Une question pour la Macédoine du Nord et une question pour le Monténégro. Les États-Unis sont-ils satisfaits de la lutte contre la corruption dans le nord de la Macédoine? Je pose donc cette question dans le contexte des modifications apportées au Code pénal, avec lesquelles les sanctions pour mauvais usage par les fonctionnaires ont été réduites.
Gabriel Escobar: Pour commencer, la corruption est le plus gros problème pour les Balkans occidentaux. Et je pense que tous les pays des Balkans occidentaux peuvent faire plus, y compris la Macédoine du Nord. Et c'est l'une des raisons pour lesquelles nous sommes constamment favorables à ce que les pays lancent des réformes dont l'Union européenne a besoin.
En ce qui concerne les informations spécifiques sur les modifications apportées au Code pénal, je peux dire qu'il existe de nombreux niveaux de contrôle et de multiples équilibres, notamment par l'intermédiaire de l'Union européenne, qui exigeraient que la Macédoine du Nord veille à ce que ses lois soient non seulement conformes à sa constitution, mais également conformes aux attentes et aux normes européennes.
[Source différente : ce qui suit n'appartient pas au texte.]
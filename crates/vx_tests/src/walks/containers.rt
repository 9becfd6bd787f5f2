// Containers of nodes.
use crate::walks::trees::BOTH;
use std::alloc::Global;
use std::fmt::Write;
use std::process::Abort;
use std::rc::Rc;
use std::test::Fail;
use vx_test_support::{expression, reads};
use vx_tree::{Expression, Scalar, VortexError, VortexResult};
use vx_walk::TraversalOrder::{Continue, Skip, Stop};
use vx_walk::{NodeContainer, Transformed, apply_ref_elements};

/// The trees of those texts.
fn items(alloc: Global, texts: &[&str]) -> Result<Vec<Expression>, Fail> {
    let mut items = Vec::new(alloc);
    for text in texts {
        items.push(expression(alloc, text)?)?;
    }
    Ok(items)
}

/// `$.a`, `$.b`, `$.c`
fn three(alloc: Global) -> Result<Vec<Expression>, Fail> {
    items(alloc, &["a", "b", "c"])
}

fn both(alloc: Global) -> Result<Expression, Fail> {
    Ok(expression(alloc, BOTH)?)
}

fn zero(alloc: Global) -> VortexResult<Expression> {
    vx_build::lit(alloc, Scalar::from_i32(0))
}

/// Asserts that the expressions print so, one space apart.
fn print(rt: &impl Abort, alloc: Global, expressions: &[Expression], wanted: &str) {
    let mut text = String::new(alloc);
    for expression in expressions {
        let written = write!(text, "{expression} ");
        assert!(rt; written.is_ok());
    }
    assert_eq!(rt; text.as_str().trim(), wanted);
}

#[test]
fn elements_are_mapped_in_order_until_stop(rt: HostRuntime) -> Result<(), Fail> {
    let alloc = rt.alloc();
    let elements = three(alloc)?;
    let pair = (items(alloc, &["a"])?, items(alloc, &["b"])?);
    let mapped = elements.map_elements(alloc, |element: Expression| {
        drop(element);
        Ok(Transformed {
            value: zero(alloc)?,
            order: Stop,
            changed: true,
        })
    });
    let mapped = mapped.expect(&rt, "a vector");
    assert!(rt; mapped.changed);
    assert!(rt; mapped.order == Stop);
    print(&rt, alloc, mapped.value.as_slice(), "0i32 $.b $.c");
    let kept = pair.map_elements(alloc, |element: Expression| Ok(Transformed::no(element)));
    let kept = kept.expect(&rt, "a pair");
    assert!(rt; !kept.changed);
    print(&rt, alloc, kept.value.0.as_slice(), "$.a");
    print(&rt, alloc, kept.value.1.as_slice(), "$.b");
    Ok(())
}

#[test]
fn visits_end_at_a_refusal_or_stop(rt: HostRuntime) -> Result<(), Fail> {
    let alloc = rt.alloc();
    let elements = three(alloc)?;
    let mut pairs = Vec::new(alloc);
    for _ in 0..2 {
        pairs.push((expression(alloc, "a")?, expression(alloc, "b")?))?;
    }
    let mut calls = 0u32;
    let answer = elements.apply_elements(|_element: &Expression| {
        calls = calls.saturating_add(1);
        if calls == 2 {
            return Err(VortexError::NotBool);
        }
        Ok(Skip)
    });
    assert!(rt; matches!(answer, Err(VortexError::NotBool)));
    assert_eq!(rt; calls, 2);
    let mut calls = 0u32;
    let answer = apply_ref_elements(pairs.as_slice(), |_element: &Expression| {
        calls = calls.saturating_add(1);
        Ok(if calls == 3 { Stop } else { Skip })
    });
    assert!(rt; matches!(answer, Ok(Stop)));
    assert_eq!(rt; calls, 3);
    Ok(())
}

/// Asserts how many elements the container has.
fn holds<C: NodeContainer<Expression> + Drop>(rt: &impl Abort, container: C, wanted: u32) {
    let mut calls = 0u32;
    let answer = container.apply_elements(|_element: &Expression| {
        calls = calls.saturating_add(1);
        Ok(Continue)
    });
    assert!(rt; answer.expect(rt, "no refusal") == Continue);
    assert_eq!(rt; calls, wanted);
}

#[test]
fn containers_hold_their_elements(rt: HostRuntime) -> Result<(), Fail> {
    let alloc = rt.alloc();
    holds(&rt, both(alloc)?, 1);
    holds(&rt, (both(alloc)?, both(alloc)?), 2);
    holds(&rt, three(alloc)?, 3);
    holds(&rt, Box::new(alloc, both(alloc)?)?, 1);
    holds(&rt, Box::new(alloc, three(alloc)?)?, 3);
    holds(&rt, Rc::new(alloc, both(alloc)?)?, 1);
    holds(&rt, (three(alloc)?, three(alloc)?), 6);
    Ok(())
}

/// The container with a literal for each element, each of which is handed back as another.
fn zeroed<C: NodeContainer<Expression>>(rt: &impl Abort, alloc: Global, container: C) -> C {
    let mapped = container.map_elements(alloc, |element: Expression| {
        drop(element);
        Ok(Transformed::yes(zero(alloc)?))
    });
    let mapped = mapped.expect(rt, "a container");
    assert!(rt; mapped.changed);
    mapped.value
}

#[test]
fn elements_are_mapped_alone_boxed_and_shared(rt: HostRuntime) -> Result<(), Fail> {
    let alloc = rt.alloc();
    let one = both(alloc)?;
    let boxed = Box::new(alloc, three(alloc)?)?;
    let shared = Rc::new(alloc, both(alloc)?)?;
    assert!(rt; reads(&zeroed(&rt, alloc, one), "0i32"));
    let boxed = zeroed(&rt, alloc, boxed);
    print(&rt, alloc, boxed.as_slice(), "0i32 0i32 0i32");
    let apart = zeroed(&rt, alloc, shared.clone().expect(&rt, "memory"));
    assert!(rt; reads(&*apart, "0i32"));
    assert!(rt; reads(&*shared, "($.a and $.b)"));
    Ok(())
}
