// What the lines of a table stand over: a scope, its batches, statistics, and a tree.
ghost use Rattle.std.specs.Prelude.{IfOk};
ghost use Rattle.vx_tree.specs.Trees.{WellTyped};
ghost use Rattle.vx_tree.specs.Views.{bound_of};

use crate::answers::pruned::{read_off, statistics};
use std::alloc::Global;
use vx_prune::ChunkStats;
use vx_test_support::{Unread, dtype, expression, values};
use vx_tree::{BoundExpression, Column, DType, Expression, VortexResult};

/// The scope, batches of its type, statistics, and the tree that a ditto mark stands for.
#[derive(Drop)]
pub struct Scene {
    pub scope: DType,
    pub batches: Vec<Column>,
    pub statistics: ChunkStats,
    tree: String,
}

impl Scene {
    /// The scope of no fields, without a batch, and statistics of no row.
    pub fn new(alloc: Global) -> Result<Scene, Unread> {
        Ok(Scene {
            scope: dtype(alloc, "{}")?,
            batches: Vec::new(alloc),
            statistics: ChunkStats::new(alloc, 0),
            tree: String::new(alloc),
        })
    }

    /// Takes a line that sets the scene, and tells whether the line does so.
    pub fn set(&mut self, alloc: Global, name: &str, rest: &str) -> Result<bool, Unread> {
        match name {
            "scope" => {
                self.scope = dtype(alloc, rest)?;
                self.batches = Vec::new(alloc);
            }
            "batch" => {
                let batch = self.column(alloc, rest)?;
                self.batches.push(batch)?;
            }
            "no batch" if rest.is_empty() => self.batches = Vec::new(alloc),
            "statistics" => self.statistics = statistics(alloc, rest)?,
            "read statistics" => self.statistics = self.read_off(alloc, rest)?,
            "tree" => self.tree = String::from_str(alloc, rest)?,
            _ => return Ok(false),
        }
        Ok(true)
    }

    // The statistics of the first batch along the paths.
    fn read_off(&self, alloc: Global, paths: &str) -> Result<ChunkStats, Unread> {
        let batch = self.batches.first().ok_or("no batch")?;
        Ok(read_off(alloc, batch, paths)?)
    }

    fn column(&self, alloc: Global, rows: &str) -> Result<Column, Unread> {
        let dtype = self.scope.clone()?;
        Ok(Column::try_new(dtype, values(alloc, rows)?)?)
    }

    /// The text, or that of the tree in place of a ditto mark.
    pub fn text<'a>(&'a self, text: &'a str) -> &'a str {
        if text == "\"" {
            return self.tree.as_str();
        }
        text
    }

    /// The source of the text.
    pub fn source(&self, alloc: Global, text: &str) -> Result<Expression, Unread> {
        expression(alloc, self.text(text))
    }

    /// The source, bound to the scope.
    pub fn bind(&self, alloc: Global, source: &Expression) -> VortexResult<BoundExpression>
        ensures { IfOk result (λ b. WellTyped (bound_of b)) }
    {
        source.bind(alloc, &self.scope)
    }
}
En ce qui concerne le Monténégro et la formation du prochain gouvernement, dans votre dernière déclaration, vous avez dit que les États-Unis étaient très clairs sur le fait qu'ils voulaient que le gouvernement se compose exclusivement de parties axées sur l'intégration européenne, de parties dédiées à l'OTAN et partageant la position occidentale à l'égard de la Russie. Si une partie des forces ou des partis pro-européens au Monténégro concluait un accord politique qui entraînerait l'entrée de forces politiques anti-occidentales et pro-russes au gouvernement, quelles seraient les conséquences possibles?
Gabriel Escobar: Tout ce que je peux dire, c'est qu'avec le Monténégro, nous avons une relation très étroite. Le Monténégro s'est montré non seulement un allié solide de l'OTAN, mais aussi un bon candidat pour l'Union européenne. Nous sommes extrêmement excités par le niveau de partenariat dont nous nous attendons à profiter avec le nouveau président et le nouveau premier ministre.
Le président du Monténégro a été bien accueilli à New York et il a laissé une impression très positive sur tous ceux avec qui il a communiqué du gouvernement américain. Et nous sommes tous d'accord dans chaque déclaration que le plus grand défi pour la sécurité européenne aujourd'hui est l'agression incontestée contre l'Ukraine. Et, même hier, le matin [organisé par les pays de la Charte Adriatique] A5, nous avons fait une déclaration sur la nécessité de soutenir l'Ukraine contre l'agression de la Russie.
Donc, dans le contexte de tout cela, je pense que tous nos collègues des Balkans, nos coordinateurs monténégrins se rendent compte que ce n'est pas le moment de donner à la Russie une plate-forme d'intervention dans les Balkans occidentaux.